"""

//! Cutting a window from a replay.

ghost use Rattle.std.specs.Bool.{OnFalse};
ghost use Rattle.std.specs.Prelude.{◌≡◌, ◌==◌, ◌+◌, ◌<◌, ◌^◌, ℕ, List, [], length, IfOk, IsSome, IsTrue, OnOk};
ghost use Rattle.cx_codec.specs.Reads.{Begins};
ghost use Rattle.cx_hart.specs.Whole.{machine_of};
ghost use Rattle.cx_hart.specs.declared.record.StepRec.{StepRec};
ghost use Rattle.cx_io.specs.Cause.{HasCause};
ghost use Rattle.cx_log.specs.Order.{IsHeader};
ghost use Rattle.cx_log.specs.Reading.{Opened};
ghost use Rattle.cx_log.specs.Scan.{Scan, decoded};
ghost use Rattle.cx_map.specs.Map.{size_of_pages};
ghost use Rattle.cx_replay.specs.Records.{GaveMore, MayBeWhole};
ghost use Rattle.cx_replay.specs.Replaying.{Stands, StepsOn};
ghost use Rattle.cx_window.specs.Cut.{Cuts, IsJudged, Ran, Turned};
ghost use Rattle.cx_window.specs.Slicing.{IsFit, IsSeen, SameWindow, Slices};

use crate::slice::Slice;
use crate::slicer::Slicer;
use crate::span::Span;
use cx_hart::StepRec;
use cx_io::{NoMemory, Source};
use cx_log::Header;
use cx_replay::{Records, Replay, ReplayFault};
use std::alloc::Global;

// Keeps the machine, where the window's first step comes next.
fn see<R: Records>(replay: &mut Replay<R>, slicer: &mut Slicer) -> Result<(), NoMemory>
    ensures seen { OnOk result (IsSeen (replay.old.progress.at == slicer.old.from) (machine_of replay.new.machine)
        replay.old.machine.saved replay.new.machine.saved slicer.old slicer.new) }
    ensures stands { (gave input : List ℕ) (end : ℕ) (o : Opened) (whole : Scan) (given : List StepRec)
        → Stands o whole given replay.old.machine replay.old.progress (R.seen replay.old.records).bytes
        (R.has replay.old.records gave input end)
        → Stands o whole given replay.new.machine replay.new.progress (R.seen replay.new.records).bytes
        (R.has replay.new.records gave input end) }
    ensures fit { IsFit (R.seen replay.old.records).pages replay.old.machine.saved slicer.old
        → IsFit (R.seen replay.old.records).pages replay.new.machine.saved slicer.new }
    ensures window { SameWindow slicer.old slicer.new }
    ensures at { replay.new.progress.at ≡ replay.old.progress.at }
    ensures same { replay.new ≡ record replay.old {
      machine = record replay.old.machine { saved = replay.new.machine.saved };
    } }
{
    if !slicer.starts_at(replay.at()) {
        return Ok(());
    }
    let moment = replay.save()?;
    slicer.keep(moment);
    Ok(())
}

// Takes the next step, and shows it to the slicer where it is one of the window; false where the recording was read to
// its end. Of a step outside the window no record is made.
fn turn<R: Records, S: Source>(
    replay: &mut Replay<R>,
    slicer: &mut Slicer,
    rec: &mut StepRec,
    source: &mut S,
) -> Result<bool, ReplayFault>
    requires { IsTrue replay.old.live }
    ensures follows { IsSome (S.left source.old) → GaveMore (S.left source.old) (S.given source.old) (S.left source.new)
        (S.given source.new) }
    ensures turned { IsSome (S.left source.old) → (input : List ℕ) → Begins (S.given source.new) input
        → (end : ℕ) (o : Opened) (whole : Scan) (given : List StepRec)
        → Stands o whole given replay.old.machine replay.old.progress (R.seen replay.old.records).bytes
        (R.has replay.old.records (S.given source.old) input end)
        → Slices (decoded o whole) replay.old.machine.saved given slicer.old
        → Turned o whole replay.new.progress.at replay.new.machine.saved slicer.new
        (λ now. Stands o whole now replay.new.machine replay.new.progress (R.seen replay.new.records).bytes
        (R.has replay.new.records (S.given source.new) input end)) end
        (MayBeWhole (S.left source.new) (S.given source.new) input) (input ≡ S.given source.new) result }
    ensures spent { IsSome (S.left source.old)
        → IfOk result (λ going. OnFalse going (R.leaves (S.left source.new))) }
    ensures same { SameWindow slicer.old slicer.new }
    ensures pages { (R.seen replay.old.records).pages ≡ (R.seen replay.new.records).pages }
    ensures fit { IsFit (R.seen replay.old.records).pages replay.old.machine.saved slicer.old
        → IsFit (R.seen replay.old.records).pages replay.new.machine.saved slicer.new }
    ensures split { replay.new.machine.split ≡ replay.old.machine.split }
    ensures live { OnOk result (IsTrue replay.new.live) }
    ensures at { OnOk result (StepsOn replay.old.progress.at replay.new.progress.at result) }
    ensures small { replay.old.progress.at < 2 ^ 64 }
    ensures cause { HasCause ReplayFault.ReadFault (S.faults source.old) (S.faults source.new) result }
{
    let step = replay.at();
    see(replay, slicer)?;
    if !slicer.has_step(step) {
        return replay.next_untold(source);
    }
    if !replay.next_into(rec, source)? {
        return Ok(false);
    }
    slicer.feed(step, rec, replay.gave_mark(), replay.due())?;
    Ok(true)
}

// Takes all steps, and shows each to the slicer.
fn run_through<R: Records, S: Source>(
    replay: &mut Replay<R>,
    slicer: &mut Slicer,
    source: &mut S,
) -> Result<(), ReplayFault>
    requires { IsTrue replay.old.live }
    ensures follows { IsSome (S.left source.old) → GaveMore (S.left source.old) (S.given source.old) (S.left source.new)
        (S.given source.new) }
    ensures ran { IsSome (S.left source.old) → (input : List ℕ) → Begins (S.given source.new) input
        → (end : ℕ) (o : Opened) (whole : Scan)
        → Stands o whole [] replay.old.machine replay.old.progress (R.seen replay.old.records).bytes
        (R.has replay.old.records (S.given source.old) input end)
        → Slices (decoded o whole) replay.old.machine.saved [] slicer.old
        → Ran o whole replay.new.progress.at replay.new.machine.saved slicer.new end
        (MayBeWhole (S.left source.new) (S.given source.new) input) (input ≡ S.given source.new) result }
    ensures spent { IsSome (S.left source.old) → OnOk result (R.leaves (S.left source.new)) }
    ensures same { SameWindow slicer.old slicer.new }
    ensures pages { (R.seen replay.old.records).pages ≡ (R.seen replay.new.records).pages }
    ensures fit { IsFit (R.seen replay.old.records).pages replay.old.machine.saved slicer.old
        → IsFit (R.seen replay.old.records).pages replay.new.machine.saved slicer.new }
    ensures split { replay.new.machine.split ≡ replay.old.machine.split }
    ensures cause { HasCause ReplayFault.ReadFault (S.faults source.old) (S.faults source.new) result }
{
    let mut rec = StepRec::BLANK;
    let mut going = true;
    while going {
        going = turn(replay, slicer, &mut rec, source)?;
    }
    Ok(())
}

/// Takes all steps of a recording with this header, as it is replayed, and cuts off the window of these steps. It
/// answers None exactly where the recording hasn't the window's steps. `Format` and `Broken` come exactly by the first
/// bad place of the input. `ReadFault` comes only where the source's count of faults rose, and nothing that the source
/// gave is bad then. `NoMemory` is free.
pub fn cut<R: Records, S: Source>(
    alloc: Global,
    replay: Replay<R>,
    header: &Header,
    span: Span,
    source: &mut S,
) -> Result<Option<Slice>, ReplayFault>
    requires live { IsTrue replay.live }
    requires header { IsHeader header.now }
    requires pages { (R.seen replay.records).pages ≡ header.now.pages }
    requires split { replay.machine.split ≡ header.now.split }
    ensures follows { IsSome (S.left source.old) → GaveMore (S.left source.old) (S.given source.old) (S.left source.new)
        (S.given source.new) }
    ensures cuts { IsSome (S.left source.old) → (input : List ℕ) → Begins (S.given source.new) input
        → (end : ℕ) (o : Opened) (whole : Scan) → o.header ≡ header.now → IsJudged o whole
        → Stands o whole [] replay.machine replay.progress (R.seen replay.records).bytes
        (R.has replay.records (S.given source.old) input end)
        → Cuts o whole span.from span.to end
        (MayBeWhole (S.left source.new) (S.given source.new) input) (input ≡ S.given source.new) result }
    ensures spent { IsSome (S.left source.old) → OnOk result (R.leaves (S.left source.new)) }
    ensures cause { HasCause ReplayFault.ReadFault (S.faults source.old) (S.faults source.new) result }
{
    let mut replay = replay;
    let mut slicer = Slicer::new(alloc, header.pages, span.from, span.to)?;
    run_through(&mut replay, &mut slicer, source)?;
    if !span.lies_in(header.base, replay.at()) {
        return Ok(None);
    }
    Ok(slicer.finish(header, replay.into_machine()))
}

"""

WHAT TO WORK ON :: Look through the material above and print exactly the lines from the one containing "use crate::slice::Slice;" to the one containing "List ℕ) (end", both included, and nothing more.

REPLY ::
use crate::slice::Slice;
use crate::slicer::Slicer;
use crate::span::Span;
use cx_hart::StepRec;
use cx_io::{NoMemory, Source};
use cx_log::Header;
use cx_replay::{Records, Replay, ReplayFault};
use std::alloc::Global;

// Keeps the machine, where the window's first step comes next.
fn see<R: Records>(replay: &mut Replay<R>, slicer: &mut Slicer) -> Result<(), NoMemory>
    ensures seen { OnOk result (IsSeen (replay.old.progress.at == slicer.old.from) (machine_of replay.new.machine)
        replay.old.machine.saved replay.new.machine.saved slicer.old slicer.new) }
    ensures stands { (gave input : List ℕ) (end : ℕ) (o : Opened) (whole : Scan) (given : List StepRec)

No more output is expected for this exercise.